Taking confidence in a kindly sailor, Solomon Northup gave him a letter addressed to to Henry Northup, descendent of his father's deceased master, advising of the situation and asking for rescue. Frustratingly, whilst this was later received, Governor Steward advised Henry Northup to wait until they received further communication from Solomon Northup with an exact location; a decision that would delay Solomon's rescue for 12 years.

William Ford:
Shortly afterward Solomon Northup was sold to a kindly man by the name of William Ford. Considered an expensive chattel, Solomon feared that should his master realise that he had purchased a free man, it was likely that he would be sold on somewhere remote; he therefore made the decision not to ask for assistance.

John Tibeats:
Unfortunately Solomon Northup was then sold to carpenter John Tibeats, in the winter of 1842 as repayment for the works on Ford's mills and plantations. As the debt was less than Solomon Northup's worth, Ford retained a mortgage on his former slave, which effectively saved his life.

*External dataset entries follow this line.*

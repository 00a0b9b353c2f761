// The plain form of files, with bytes from outside.

use crate::equality::equal;
use crate::failing::Failing;
use crate::output::ONE_MESSAGE;
use fit_files::{ReportFault, count_messages, plain_input, print_messages};
use fit_grammar::{EncodeFault, FaultKind, FileFault, PlainFault, PlainFaultKind, encode_file};
use std::alloc::Global;
use std::process::Abort;
use std::test::Fail;

// A message with a full time, and two messages of another local number with offsets 30 and 1.
const COMPRESSED: [u8; 47] = [
    0x0E, 0x10, 0x64, 0x00, 0x1F, 0x00, 0x00, 0x00, 0x2E, 0x46, 0x49, 0x54, 0x60, 0xA2, 0x40, 0x00,
    0x00, 0x14, 0x00, 0x02, 0xFD, 0x04, 0x86, 0x03, 0x01, 0x02, 0x00, 0x00, 0xCA, 0x9A, 0x3B, 0x64,
    0x41, 0x00, 0x00, 0x14, 0x00, 0x01, 0x03, 0x01, 0x02, 0xBE, 0x65, 0xA1, 0x66, 0xA9, 0xA1,
];

// The same messages, the last two under a definition that has field 253.
const PLAIN: [u8; 67] = [
    0x0E, 0x10, 0x64, 0x00, 0x33, 0x00, 0x00, 0x00, 0x2E, 0x46, 0x49, 0x54, 0x62, 0xEF, 0x40, 0x00,
    0x00, 0x14, 0x00, 0x02, 0xFD, 0x04, 0x86, 0x03, 0x01, 0x02, 0x00, 0x00, 0xCA, 0x9A, 0x3B, 0x64,
    0x41, 0x00, 0x00, 0x14, 0x00, 0x01, 0x03, 0x01, 0x02, 0x41, 0x00, 0x00, 0x14, 0x00, 0x02, 0xFD,
    0x04, 0x86, 0x03, 0x01, 0x02, 0x01, 0x1E, 0xCA, 0x9A, 0x3B, 0x65, 0x01, 0x21, 0xCA, 0x9A, 0x3B,
    0x66, 0xC8, 0x43,
];

// Files, their plain forms, and how many messages these have.
static FILES: [(&[u8], &[u8], usize); 3] = [
    (&COMPRESSED, &PLAIN, 3),
    (&PLAIN, &PLAIN, 3),
    (&ONE_MESSAGE, &ONE_MESSAGE, 1),
];

// Asserts that a file has this plain form, with so many messages.
fn expect_plain(rt: &impl Abort, alloc: Global, bytes: &[u8], made: &[u8], messages: usize) {
    let mut from = bytes;
    let plain = plain_input(alloc, &mut from, 128).expect(rt, "a file");
    equal(rt, count_messages(&plain), messages);
    let mut out = Vec::new(alloc);
    assert!(rt; encode_file(&plain, &mut out).is_ok());
    equal(rt, out.as_slice(), made);
}

#[test]
fn a_file_is_made_plain(rt: HostRuntime) {
    for (bytes, made, messages) in FILES {
        expect_plain(&rt, rt.alloc(), bytes, made, messages);
    }
}

#[test]
fn what_is_no_file_is_not_made_plain(rt: HostRuntime) -> Result<(), Fail> {
    let mut from = &COMPRESSED[..40];
    let fault = FileFault {
        kind: FaultKind::Truncated,
        place: 40,
    };
    let done = plain_input(rt.alloc(), &mut from, 128).err();
    equal(&rt, done, Some(ReportFault::File(fault)));
    let fault = PlainFault {
        kind: PlainFaultKind::Memory,
        place: 14,
    };
    equal(&rt, ReportFault::Plain(fault).code(), 5);
    Ok(())
}

// Each call of the output fails in turn. What was written is a prefix of the file.
#[test]
fn an_output_of_a_plain_file_that_fails_is_reported(rt: HostRuntime) -> Result<(), Fail> {
    let mut from = COMPRESSED.as_slice();
    let plain = plain_input(rt.alloc(), &mut from, 128).expect(&rt, "a file");
    for calls in 0..12 {
        let mut out = Failing::new(rt.alloc(), 3, calls);
        let done = encode_file(&plain, &mut out);
        assert_eq!(rt; done, Err(EncodeFault::Write), "{calls}");
        assert!(rt; PLAIN.starts_with(&out.held), "{calls}");
    }
    Ok(())
}

#[test]
fn so_many_messages_are_reported(rt: HostRuntime) -> Result<(), Fail> {
    let mut out = Vec::new(rt.alloc());
    assert!(rt; print_messages(41, &mut out).is_ok());
    equal(&rt, out.as_slice(), b"messages 41\n".as_slice());
    Ok(())
}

Still working on Ford's plantation as a contractor, on one occasion Tibeats flew in to an unreasonable rage and proceeded to attempt to flog Solomon, however, Solomon instead whipped his master until the threats turned to pleas for mercy. This was a crime punishable by death; however,
the overseer intervened and sent Tibeats on his way, scolding him for his poor treatment of Solomon.

Though Tibeats came back to hang his wayward slave, he was reminded by the overseer that Ford still held a financial interest in Solomon and that to kill him would be murder. However, it was not the last time that Tibeats attacked Solomon Northup by way of bludgeoning, hatchet or axe, and Tibeats was forced by Ford to sell Solomon on.

Edwin Epps
Unfortunately, Edwin Epps, a frequently inebriated man known for whipping his slaves in the face, was little better.

Eventually in June 1852, a carpenter came to the plantation to build a house; one of the hands by the name of Bass, was a known slave sympathiser. Solomon Northup took Bass in to his confidence, and on 15 August 1852, the kind man tried his utmost to assist by sending out numerous letters to Solomon's old friends.

As it transpired, one letter reached its intended destination; a store that Solomon Northup used to frequent. It was immediately forwarded to Anne, who had sincec moved to Glen Falls; Anne in turn took the letter to Henry Northup. He found an act passed in 1840 for recovering free citizens from slavery allowing the governor to appoint someone to collect appropriate evidence required for legal proceedings.

On 23 November 1852, the governor appointed Henry Northup as agent with full power to bring Solomon Northup home. Due to working obligations, Henry Northup could not travel to Louisiana until 14 December, whereupon he sailed to Marksville; the place postmarked on the letter received from Bass, and tracked him down with Judge Waddill from Louisiana.

The slaves were working in the field at an early hour when the Sheriff and Henry Northup rode up to them, asking for Platt; the slave name Solomon Northup had been assigned by Burch and Freeman. Solomon Northup recognised Henry Northup and answered the Sheriff's questions before they addressed Epps and took Solomon Northup home.

On January 04, Epps signed paperwork to acknowledge Solomon Northup had right to freedom and a police report was made on 17 January 1853 in Washington for James Burch's involvement in the kidnap and trade of a free man.

The Trial:
At the trial, Solomon Northup was not allowed to give evidence against Burch; as an African American, he was not considered a citizen of America and could not accuse a white person. Burch and his associates had fabricated a story stating they had been the victim of a crime; that the two men claiming to have a slave for a sale defrauded him out of $650, and that Solomon Northup was involved with the fraud. A newspaper article was published to this effect, and Burch was acquitted.

It is not known what happened to Solomon Northup after his book was published, but he did advise in his memoirs that he reunited with his wife and children.